ToolGen Performance:

  • In Table 8, ToolGen:
    • SoPR (Setting 1 - Tools): 52.32, 40.46, 39.65, 47.67, 39.24, 38.56, 37.90, 39.30
    • SoWR (Setting 1 - Words): 56.54, 49.46, 51.96, 52.66, 40.51, 39.87, 37.90, 39.53
  • Compared to:
    • GPT-3.5 (SoPR: 58.90, SoWR: 57.59) and (Retrieval: 57.59, 61.76)
    • ToolLlama (SoPR: 57.38, SoWR: 57.70) and (Retrieval: 45.43, 61.76)

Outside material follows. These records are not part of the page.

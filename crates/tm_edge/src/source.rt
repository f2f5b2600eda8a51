//! Where bytes come from.
ghost use Rattle.std.specs.Prelude.{◌≡◌, ◌<◌, ◌≤◌, ℕ, List, Option, length, take, IfOk, OnOk, OnErr};
ghost use Rattle.std.specs.Io.KnownBytes.{prepend_known, IsAtEnd};
ghost use Rattle.tm_edge.specs.Fault.{HasRisen};

use thiserror::Error;

/// A read or a write failed; the device's count of faults rose.
#[derive(Clone, Copy, Debug, PartialEq, Eq, Error)]
#[error("the device failed")]
pub struct Failed;

/// Where bytes come from.
pub trait Source {
    /// The bytes that are left, where the source tells them. Whether it tells them never changes.
    ghost left: { Self → Option (List ℕ) };

    /// How often reading has failed.
    ghost faults: { Self → ℕ };

    /// Takes the next bytes into the front of the buffer and answers how many they are.
    ///
    /// For a buffer that isn't empty, 0 is the end. `Failed` comes exactly where the count of faults
    /// rose; then no byte is lost.
    fn take(&mut self, into: &mut [u8]) -> Result<usize, Failed>
        ensures within { IfOk result (λ n. n ≤ length into.new) }
        ensures taken { IfOk result (λ n. left self.old ≡ prepend_known (take n into.new) (left self.new)) }
        ensures ending { IfOk result (λ n. n ≡ 0 → 0 < length into.new → IsAtEnd (left self.new)) }
        ensures kept { OnErr result (left self.new ≡ left self.old) }
        ensures count { faults self.old ≤ faults self.new }
        ensures no_fault { OnOk result (faults self.new ≡ faults self.old) }
        ensures failed { OnErr result (HasRisen (faults self.old) (faults self.new)) };
}
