//! The edge of the transaction manager: where bytes come from and go to, and lines cut from them.
//!
//! `source` and `sink` have the traits, which count their faults; `std_edge` the standard streams, which are trusted;
//! `lines` and `buffer` cut lines of bytes (specs/Lines). A source over a text in memory and a sink that keeps what is
//! written make a session between two texts; a further pair for tests fails where it is told to.
//!
//! Proved: each call of `Lines` serves the first line of the bytes that lie before the reader and leaves those behind
//! it; after an error none is lost. A line is too long exactly from 4,097 bytes on. A read fault comes only where the
//! source counted one. A call over a source or a sink that answers Ok met no fault in it, and want of memory hides
//! neither a fault nor a line that is too long. The source over a text gives its bytes from the front, and never fails.
//! The sink that keeps a text keeps just what is written; it fails only where its count rose, for want of memory, and
//! then keeps what it had.
#![tactic(auto)]

mod buffer;
mod lines;
mod mem_sink;
mod mem_source;
mod sink;
mod source;
mod std_edge;
mod steps;
mod text_sink;
mod text_source;

pub use lines::{Line, LineFault, Lines};
pub use mem_sink::MemSink;
pub use mem_source::MemSource;
pub use sink::Sink;
pub use source::{Failed, Source};
pub use std_edge::{StdSink, StdSource};
pub use text_sink::TextSink;
pub use text_source::TextSource;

Appendix G Adapt ToolBench Data to ToolGen

ToolGen Data Adaptation from ToolBench:

  • Adopt tool documentations for tool memorization training as input: documents -> tool tokens
  • Use annotated data for retrieval training, converting queries to virtual tokens and relevant tools
  • Convert interaction trajectories for end-to-end agent-tuning:
    • Remove system prompted tools
    • Replace tool names with virtual tool tokens
    • Decompose ReAct into three conversational turns: Thought -> Action Prompt -> Action (Tool Tokens) -> Tool Parameters
  • Table 6 in Appendix C shows the number of samples for each dataset.

Data Conversion for ToolGen:

  • Memorization Training: user role as input, assistant role as output
  • Retrieval Training: queries as input, virtual tokens representing tools as output
  • End-to-End Agent-Tuning:
    • Remove system prompted tools from trajectories
    • Replace tool names with virtual tool tokens
    • Decompose ReAct into three conversational turns for model training.

Adapted Data Examples:

  • Figure 7 shows examples of tool memorization and retrieval training data (Figure 7)
  • Figure 8 demonstrates an example of end-to-end agent-tuning data (Figure 8).